Guillén: I don't want to give away the film's shocking and spectacular set piece ending; however, I am interested in the rhyme between the film's introductory scene where the young woman jumps off the high building to her death and Eun-yi's suicide. What are you trying to say by that framing rhyme?

Sang-soo: People don't know why the young woman in the first scene has committed suicide. These people witness the suicide and then they forget about it. It's possible that at film's end when Eun-yi commits suicide that people in the neighborhood heard about the housemaid committing suicide but then—just as easily as in the first instance—they will forget about it. The point is that—even though throughout the movie it is never explained why the young woman in the first scene committed suicide—she has a story. We just don't know about it like we know about Eun-yi's story. Suicide has become much more frequent in Korea as the economy has become unstable.

Guillén: My final question, then. The coda to the film is a nearly surreal and extremely stylized set piece that proves unsettling for being so ambivalent. Can you offer a bit of insight as to what you wanted the audience to take away from that scene?

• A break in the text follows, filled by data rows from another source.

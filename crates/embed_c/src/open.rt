//! Opens and closes a world.

ghost use Rattle.std.specs.Prelude.{◌≡◌, ℕ, None};
ghost use Rattle.std.specs.Result.{result_map_both};
ghost use Rattle.app_program.specs.Refusal.{refusal_text, status};
ghost use Rattle.app_program.specs.declared.refusal.Failure.TheVariants.{Job};
ghost use Rattle.embed_world.specs.Calls.{IsWorldOpened};
ghost use Rattle.embed_world.specs.Status.{IsCopied};
ghost use Rattle.embed_c.specs.Answers.{Opens};

use app_jobs::JobFault;
use app_program::{Failure, refusal_line, status_of};
use embed_handles::WorldHandle;
use embed_handles::world_handle::{put, take};
use embed_world::{DONE, EmbeddedWorld, copy_text};
use std::alloc::Global;

/// Returns a world on the heap.
fn boxed(alloc: Global, text: &[u8]) -> Result<Box<EmbeddedWorld>, JobFault>
    ensures { IsWorldOpened text.now
        (result_map_both (λ b. b.value) (λ fault. fault) result) }
{
    let world = EmbeddedWorld::open(alloc, text)?;
    match Box::new(alloc, world) {
        Ok(world) => Ok(world),
        Err(_refused) => Err(JobFault::Memory),
    }
}

/// Copies the line of a refusal, and returns its status.
pub(crate) fn refuse(fault: JobFault, refusal: &mut [u8], wanted: &mut usize) -> u8
    ensures status { result ≡ status (Job fault) }
    ensures line { (copied : ℕ)
        × IsCopied (refusal_text (Job fault)) refusal.old copied wanted.new refusal.new }
{
    let failure = Failure::Job(fault);
    let line = refusal_line(&failure);
    copy_text(refusal, line.as_bytes(), wanted);
    status_of(&failure)
}

/// Frees the world of a handle, if it has one.
fn empty(alloc: Global, handle: &mut WorldHandle)
    ensures { handle.new.world ≡ None }
{
    drop(take(handle, alloc));
}

/// Opens the world of a scene's text, in place of the one that the handle had. On a refusal the
/// handle is empty, and the line of the refusal is copied.
#[unsafe(no_mangle)]
pub extern "C" fn x3d_world_open(
    alloc: Global,
    handle: &mut WorldHandle,
    text: &[u8],
    refusal: &mut [u8],
    wanted: &mut usize,
) -> u8
    ensures { Opens text.now result handle.new.world refusal.old wanted.new refusal.new }
{
    empty(alloc, handle);
    match boxed(alloc, text) {
        Ok(world) => {
            put(handle, alloc, world);
            copy_text(refusal, b"", wanted);
            DONE
        }
        Err(fault) => refuse(fault, refusal, wanted),
    }
}

/// Frees the world. Does nothing if there is none.
#[unsafe(no_mangle)]
pub extern "C" fn x3d_world_close(alloc: Global, handle: &mut WorldHandle)
    ensures { handle.new.world ≡ None }
{
    empty(alloc, handle);
}
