//! Numbers of a viewer's world: they are listed, then copied out.

ghost use Rattle.std.specs.Prelude.{◌≡◌, length};
ghost use Rattle.scene_core.specs.Scene.{rows_at};
ghost use Rattle.share_core.specs.Viewer.{stage_in};
ghost use Rattle.embed_world.specs.Names.{number_named};
ghost use Rattle.embed_world.specs.Viewers.{Lists, Meets};
ghost use Rattle.embed_world.specs.Looks as look;
ghost use Rattle.embed_world.specs.Status.{Asks, Calls, CallsOut, Copies, Finds, status_of_look};
ghost use Rattle.embed_c.specs.Answers.{status_of_meet, told};
ghost use Rattle.embed_c.specs.NodeAnswers.{ViewerMeets};
ghost use Rattle.embed_c.specs.Points.{aimed};
ghost use Rattle.embed_world.specs.declared.viewer.EmbeddedViewer.{EmbeddedViewer as Embedded};

use crate::inputs::aimed;
use crate::lists::{Met, tell_met};
use embed_handles::ViewerHandle;
use embed_handles::viewer_handle::{put, take};
use embed_world::{Aim, CLOSED, DONE, RANGE, copy_numbers, status_of_look, tell_field};
use std::alloc::Global;
use x3d_values::Ray;

/// Lists the roots of the scene.
#[unsafe(no_mangle)]
pub extern "C" fn x3d_viewer_list_roots(alloc: Global, handle: &mut ViewerHandle) -> u8
    ensures { Calls (λ (v : Embedded). Lists (look.roots_in v.viewer.scene) v) status_of_look
        handle.old.viewer result handle.new.viewer }
{
    let Some(mut viewer) = take(handle, alloc) else {
        return CLOSED;
    };
    let answer = viewer.list_roots();
    put(handle, alloc, viewer);
    status_of_look(answer)
}

/// Lists the nodes in the field `children` of a node.
#[unsafe(no_mangle)]
pub extern "C" fn x3d_viewer_list_children(
    alloc: Global,
    handle: &mut ViewerHandle,
    node: u32,
) -> u8
    ensures { Calls (λ (v : Embedded). Lists (look.children_in v.viewer.scene node) v)
        status_of_look handle.old.viewer result handle.new.viewer }
{
    let Some(mut viewer) = take(handle, alloc) else {
        return CLOSED;
    };
    let answer = viewer.list_children(node);
    put(handle, alloc, viewer);
    status_of_look(answer)
}

/// Lists the numbers of a field's current value.
#[unsafe(no_mangle)]
pub extern "C" fn x3d_viewer_list_value(
    alloc: Global,
    handle: &mut ViewerHandle,
    node: u32,
    field: u16,
) -> u8
    ensures { Calls (λ (v : Embedded). Lists (look.numbers_in (stage_in v.viewer) node field) v)
        status_of_look handle.old.viewer result handle.new.viewer }
{
    let Some(mut viewer) = take(handle, alloc) else {
        return CLOSED;
    };
    let answer = viewer.list_value(node, field);
    put(handle, alloc, viewer);
    status_of_look(answer)
}

/// Writes the number of nodes in the scene to `count`.
#[unsafe(no_mangle)]
pub extern "C" fn x3d_viewer_node_count(
    alloc: Global,
    handle: &mut ViewerHandle,
    count: &mut usize,
) -> u8
    ensures kept { handle.new.viewer ≡ handle.old.viewer }
    ensures count { Asks (λ (v : Embedded). length v.viewer.scene.nodes)
        handle.old.viewer result count.old count.new }
{
    let Some(viewer) = take(handle, alloc) else {
        return CLOSED;
    };
    *count = viewer.node_count();
    put(handle, alloc, viewer);
    DONE
}

/// Writes the number of fields of a node to `count`.
#[unsafe(no_mangle)]
pub extern "C" fn x3d_viewer_field_count(
    alloc: Global,
    handle: &mut ViewerHandle,
    node: u32,
    count: &mut u32,
) -> u8
    ensures kept { handle.new.viewer ≡ handle.old.viewer }
    ensures count { Asks (λ (v : Embedded). length (rows_at v.viewer.scene node))
        handle.old.viewer result count.old count.new }
{
    let Some(viewer) = take(handle, alloc) else {
        return CLOSED;
    };
    *count = viewer.field_count(node);
    put(handle, alloc, viewer);
    DONE
}

/// Writes the number of a node's field with this name to `field`.
#[unsafe(no_mangle)]
pub extern "C" fn x3d_viewer_field_named(
    alloc: Global,
    handle: &mut ViewerHandle,
    node: u32,
    name: &[u8],
    field: &mut u16,
) -> u8
    ensures kept { handle.new.viewer ≡ handle.old.viewer }
    ensures field { Finds (λ (v : Embedded). number_named v.viewer.scene node name.now)
        handle.old.viewer result field.old field.new }
{
    let Some(viewer) = take(handle, alloc) else {
        return CLOSED;
    };
    let found = viewer.field_named(node, name);
    put(handle, alloc, viewer);
    tell_field(found, field)
}

/// Copies the numbers that were listed last, if `out` has room for them, and writes how many there
/// are to `wanted`.
#[unsafe(no_mangle)]
pub extern "C" fn x3d_viewer_copy_numbers(
    alloc: Global,
    handle: &mut ViewerHandle,
    out: &mut [i64],
    wanted: &mut usize,
) -> u8
    ensures kept { handle.new.viewer ≡ handle.old.viewer }
    ensures numbers { Copies (λ (v : Embedded). v.numbers.items) handle.old.viewer result out.old
        wanted.old wanted.new out.new }
{
    let Some(viewer) = take(handle, alloc) else {
        return CLOSED;
    };
    let status = copy_numbers(out, viewer.numbers(), wanted);
    put(handle, alloc, viewer);
    status
}

/// Writes where a ray hits, in the world of a handle's viewer, to `met`.
fn meet(alloc: Global, handle: &mut ViewerHandle, ray: Ray, met: &mut Met) -> u8
    ensures { CallsOut (λ (v : Embedded). Meets (look.meeting_in (stage_in v.viewer) ray) v)
        status_of_meet told handle.old.viewer result handle.new.viewer met.old met.new }
{
    let Some(mut viewer) = take(handle, alloc) else {
        return CLOSED;
    };
    let answer = viewer.list_sensors(ray);
    put(handle, alloc, viewer);
    tell_met(answer, met)
}

/// Writes where a ray would hit to `met`, and lists the sensors that the hit concerns. The world is
/// unchanged.
#[unsafe(no_mangle)]
pub extern "C" fn x3d_viewer_meet(
    alloc: Global,
    handle: &mut ViewerHandle,
    aim: &Aim,
    met: &mut Met,
) -> u8
    ensures { ViewerMeets (aimed aim.now) handle.old.viewer result handle.new.viewer met.old
        met.new }
{
    let Some(ray) = aimed(aim) else {
        return RANGE;
    };
    meet(alloc, handle, ray, met)
}
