//! A viewer begins again in the world of a snapshot.

ghost use Rattle.std.specs.Prelude.{◌≡◌, length};
ghost use Rattle.embed_world.specs.Viewers as viewers;
ghost use Rattle.embed_world.specs.declared.viewer.EmbeddedViewer.{EmbeddedViewer as Embedded};
ghost use Rattle.embed_world.specs.Status.{AsksBy, Calls, CallsOut, status_of_save, status_of_snap, HandsOut, no_packet};
ghost use Rattle.embed_c.specs.NodeAnswers.{forgets, status_of_nothing};
ghost use Rattle.embed_world.specs.PeerStatus.{gathered_by, number_by, status_by, status_of_gather, status_of_join, status_of_size};

use embed_handles::ViewerHandle;
use embed_handles::viewer_handle::{put, take};
use embed_world::{
    CLOSED, DONE, NO_PACKET, hand_out, status_of_save, status_of_size, tell_gathered, tell_joined,
    tell_rewound,
};
use std::alloc::Global;

/// Makes the snapshot of the viewer's world, taken as its boot. It is copied like a text.
#[unsafe(no_mangle)]
pub extern "C" fn x3d_viewer_make_snapshot(alloc: Global, handle: &mut ViewerHandle) -> u8
    ensures { Calls (λ (v : Embedded). viewers.Saves v) status_of_save handle.old.viewer result
        handle.new.viewer }
{
    let Some(mut viewer) = take(handle, alloc) else {
        return CLOSED;
    };
    let answer = viewer.make_snapshot();
    put(handle, alloc, viewer);
    status_of_save(answer)
}

/// Begins again in the world of a snapshot, as another boot, and writes how many inputs that world
/// has had to `applied`.
#[unsafe(no_mangle)]
pub extern "C" fn x3d_viewer_rewind(
    alloc: Global,
    handle: &mut ViewerHandle,
    boot: u32,
    bytes: &[u8],
    applied: &mut u64,
) -> u8
    ensures { CallsOut (λ (v : Embedded). viewers.Rewinds v boot bytes.now)
        (status_by status_of_snap) number_by handle.old.viewer result handle.new.viewer
        applied.old applied.new }
{
    let Some(mut viewer) = take(handle, alloc) else {
        return CLOSED;
    };
    let answer = viewer.rewind(boot, bytes);
    put(handle, alloc, viewer);
    tell_rewound(answer, applied)
}

/// Writes how many pieces the bytes of a snapshot have to `count`: 0 if they do not begin as a
/// snapshot, or if they are more than 2^26, which the status then says.
#[unsafe(no_mangle)]
pub extern "C" fn x3d_viewer_piece_count(
    alloc: Global,
    handle: &mut ViewerHandle,
    bytes: &[u8],
    count: &mut u32,
) -> u8
    ensures kept { handle.new.viewer ≡ handle.old.viewer }
    ensures count { AsksBy (λ (v : Embedded). viewers.pieces_in bytes.now)
        (status_of_size (length bytes.now)) handle.old.viewer result count.old count.new }
{
    let Some(viewer) = take(handle, alloc) else {
        return CLOSED;
    };
    *count = viewer.piece_count(bytes);
    put(handle, alloc, viewer);
    status_of_size(bytes)
}

/// Copies the datagram of the piece with this number, from 0, of a snapshot's bytes.
#[unsafe(no_mangle)]
pub extern "C" fn x3d_viewer_piece(
    alloc: Global,
    handle: &mut ViewerHandle,
    bytes: &[u8],
    index: u32,
    out: &mut [u8],
    wanted: &mut usize,
) -> u8
    ensures kept { handle.new.viewer ≡ handle.old.viewer }
    ensures packet { HandsOut no_packet (λ (v : Embedded). viewers.piece_bytes v bytes.now index)
        handle.old.viewer result out.old wanted.old wanted.new out.new }
{
    let Some(viewer) = take(handle, alloc) else {
        return CLOSED;
    };
    let packet = viewer.piece(bytes, index);
    put(handle, alloc, viewer);
    hand_out(packet, NO_PACKET, out, wanted)
}

/// Gathers the bytes of a datagram, a piece of a snapshot, and writes what was done with it to
/// `gathered`: the piece is new (0), has come before (1), is the last (2), or is of another
/// snapshot (3).
#[unsafe(no_mangle)]
pub extern "C" fn x3d_viewer_gather(
    alloc: Global,
    handle: &mut ViewerHandle,
    bytes: &[u8],
    gathered: &mut u32,
) -> u8
    ensures { CallsOut (λ (v : Embedded). viewers.Gathers v bytes.now) (status_by status_of_gather)
        gathered_by handle.old.viewer result handle.new.viewer gathered.old gathered.new }
{
    let Some(mut viewer) = take(handle, alloc) else {
        return CLOSED;
    };
    let answer = viewer.gather(bytes);
    put(handle, alloc, viewer);
    tell_gathered(answer, gathered)
}

/// Begins again in the world of the gathered snapshot, as another boot, and writes how many inputs
/// that world has had to `applied`.
#[unsafe(no_mangle)]
pub extern "C" fn x3d_viewer_join(
    alloc: Global,
    handle: &mut ViewerHandle,
    boot: u32,
    applied: &mut u64,
) -> u8
    ensures { CallsOut (λ (v : Embedded). viewers.Joins v boot) (status_by status_of_join)
        number_by handle.old.viewer result handle.new.viewer applied.old applied.new }
{
    let Some(mut viewer) = take(handle, alloc) else {
        return CLOSED;
    };
    let answer = viewer.join(boot);
    put(handle, alloc, viewer);
    tell_joined(answer, applied)
}

/// Drops what was gathered.
#[unsafe(no_mangle)]
pub extern "C" fn x3d_viewer_forget(alloc: Global, handle: &mut ViewerHandle) -> u8
    ensures { Calls forgets status_of_nothing handle.old.viewer result handle.new.viewer }
{
    let Some(mut viewer) = take(handle, alloc) else {
        return CLOSED;
    };
    viewer.forget();
    put(handle, alloc, viewer);
    DONE
}
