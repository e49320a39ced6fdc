// Document 01's letters for an action, as the script program prints them.
#![tactic(auto)]

ghost use Rattle.std.specs.Prelude.{◌≡◌, ◌<◌, ◌≤◌};
ghost use Rattle.letters.specs.Letters.{digit_of, hex_digits, text_with, one_and_byte, text_of};

use rules::Action;

// The first `len` of the bytes are the text, and the others are 0. Bytes and a length: `text_of`, which `spell` promises, speaks of both.
#[derive(Clone, Copy)]
pub struct Text {
    pub bytes: [u8; 4],
    pub len: usize,
}

// An upper-case hex digit.
#[tactic(auto, using(laws::specs::Cases::cases), unfolding(crate::specs::Letters::digit_of))]
pub fn digit(d: u8) -> u8
    requires { d < 16 }
    ensures { result ≡ digit_of d }
{
    if d < 10 { b'0' + d } else { b'A' - 10 + d }
}

// A byte's two digits.
pub fn hex(b: u8) -> [u8; 2]
    ensures { result ≡ hex_digits b }
{
    [digit(b / 16), digit(b % 16)]
}

fn written<const N: usize>(letters: [u8; N]) -> Text
    requires { N ≤ 4 }
    ensures { (result ≡ text_with letters.entry) × (result.len ≤ 4) }
{
    let mut bytes = [0; 4];
    bytes[..N].copy_from_slice(&letters);
    Text { bytes, len: N }
}

fn with_byte(letter: u8, b: u8) -> Text
    ensures { (result ≡ one_and_byte letter b) × (result.len ≤ 4) }
{
    let [high, low] = hex(b);
    written([letter, high, low])
}

// An action's letters, without spaces.
pub fn spell(a: Action) -> Text
    ensures { (result ≡ text_of a) × (result.len ≤ 4) }
{
    match a {
        Action::Nothing => written(*b"-"),
        Action::S(sla) => with_byte(b'S', sla),
        Action::R(sla) => with_byte(b'R', sla),
        Action::D(b) => with_byte(b'D', b),
        Action::C => written(*b"C"),
        Action::A => written(*b"A"),
        Action::Np => written(*b"NP"),
        Action::Nr(sla) => {
            let [high, low] = hex(sla);
            written([b'N', b'R', high, low])
        }
        Action::P => written(*b"P"),
    }
}
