//! What is seen of a heap.

use super::PAGE;
use super::heaps::tag_of;
use hp_base::{Run, Stats};
use hp_heap::{Heap, HeapAnswer, Span, SpanState};

/// Something that is seen of a heap.
#[derive(Clone, Copy)]
pub enum Look {
    // An element of the first list begins there, and has so many bytes: a free one that was inserted as that one, or a busy one with that
    // pad and so many bytes of data, of the line with that number.
    FreeAt(u64, u64, u64),
    BusyAt(u64, u64, u64, u64, u32),
    // The element that contains an address.
    Contains(u64, Option<Span>),
    // There are so many busy and so many free elements, in so many bytes of memory.
    Counts(u64, u64, u64),
    Shows(Stats),
    // Its name and its socket number.
    Called(Option<&'static str>, u32),
    // There are so many chunks, the first of that segment list and with these marks.
    Chunks(usize, u32, u16),
    // So many calls are in the history, and the one at that place was answered so.
    Calls(usize),
    Answers(usize, Said),
}

/// What a call answered.
#[derive(Clone, Copy, PartialEq, Eq)]
pub enum Said {
    Address(u64),
    Pages(Run),
    Nothing,
    Done,
    IsZone,
    Yes,
    No,
    NotAnElement,
    Statistics(Stats),
}

/// Whether that is seen of a heap.
pub fn is_so(heap: &Heap, look: Look) -> bool {
    match look {
        Look::FreeAt(addr, whole, stamp) => {
            heap.lookup(addr) == Some(first_list(addr, whole, SpanState::Free { stamp }))
        }
        Look::BusyAt(addr, whole, pad, size, line) => {
            heap.lookup(addr) == Some(first_list(addr, whole, busy(pad, size, line)))
        }
        Look::Contains(addr, span) => heap.lookup(addr) == span,
        Look::Counts(busy, frees, total) => counts(heap) == (busy, frees, total),
        Look::Shows(stats) => heap.summary() == stats,
        Look::Called(text, socket) => is_called(heap, text) && heap.socket_number() == socket,
        Look::Chunks(count, list, marks) => chunks(heap) == (count, list, marks),
        Look::Calls(calls) => heap.history().len() == calls,
        Look::Answers(place, said) => said_at(heap, place) == Some(said),
    }
}

/// The state of an element that is busy for the line with that number.
pub fn busy(pad: u64, size: u64, line: u32) -> SpanState {
    SpanState::Busy {
        pad,
        size,
        tag: tag_of(line),
    }
}

/// An element of the first list.
pub fn first_list(addr: u64, whole: u64, state: SpanState) -> Span {
    Span {
        addr,
        whole,
        list: 0,
        page: PAGE,
        state,
    }
}

// How many busy and free elements there are, and how many bytes of memory.
fn counts(heap: &Heap) -> (u64, u64, u64) {
    let stats = heap.summary();
    (stats.busy, stats.frees, stats.total)
}

fn is_called(heap: &Heap, text: Option<&str>) -> bool {
    match (heap.name(), text) {
        (Some(name), Some(text)) => name.as_bytes() == text.as_bytes(),
        (None, None) => true,
        _ => false,
    }
}

// How many chunks there are, and of the first the segment list and who has attached it.
fn chunks(heap: &Heap) -> (usize, u32, u16) {
    let chunks = heap.chunks();
    match chunks.first() {
        Some(chunk) => (chunks.len(), chunk.list, chunk.attached),
        None => (0, 0, 0),
    }
}

// What the call at that place of the history answered.
fn said_at(heap: &Heap, place: usize) -> Option<Said> {
    let entry = heap.history().get(place)?;
    Some(said_in(&entry.answer))
}

fn said_in(answer: &HeapAnswer) -> Said {
    match answer {
        HeapAnswer::Address { addr } => Said::Address(*addr),
        HeapAnswer::Pages { run } => Said::Pages(*run),
        HeapAnswer::Nothing => Said::Nothing,
        HeapAnswer::Done => Said::Done,
        HeapAnswer::IsZone => Said::IsZone,
        HeapAnswer::Yes => Said::Yes,
        HeapAnswer::No => Said::No,
        HeapAnswer::NotAnElement => Said::NotAnElement,
        HeapAnswer::Statistics { stats } => Said::Statistics(*stats),
    }
}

Sang-soo: There has been a lot of controversy surrounding that last scene. Even one of the producers wanted it deleted. Many people complain about it. But without that scene, I think the movie would have been just so-so. I went with my gut feeling and included it. It's a simple set-up: they're giving a birthday party to a little girl who just witnessed something terrible and trying to cover up her trauma with expensive gifts. I wanted audiences to wonder if she could truly heal from such an event?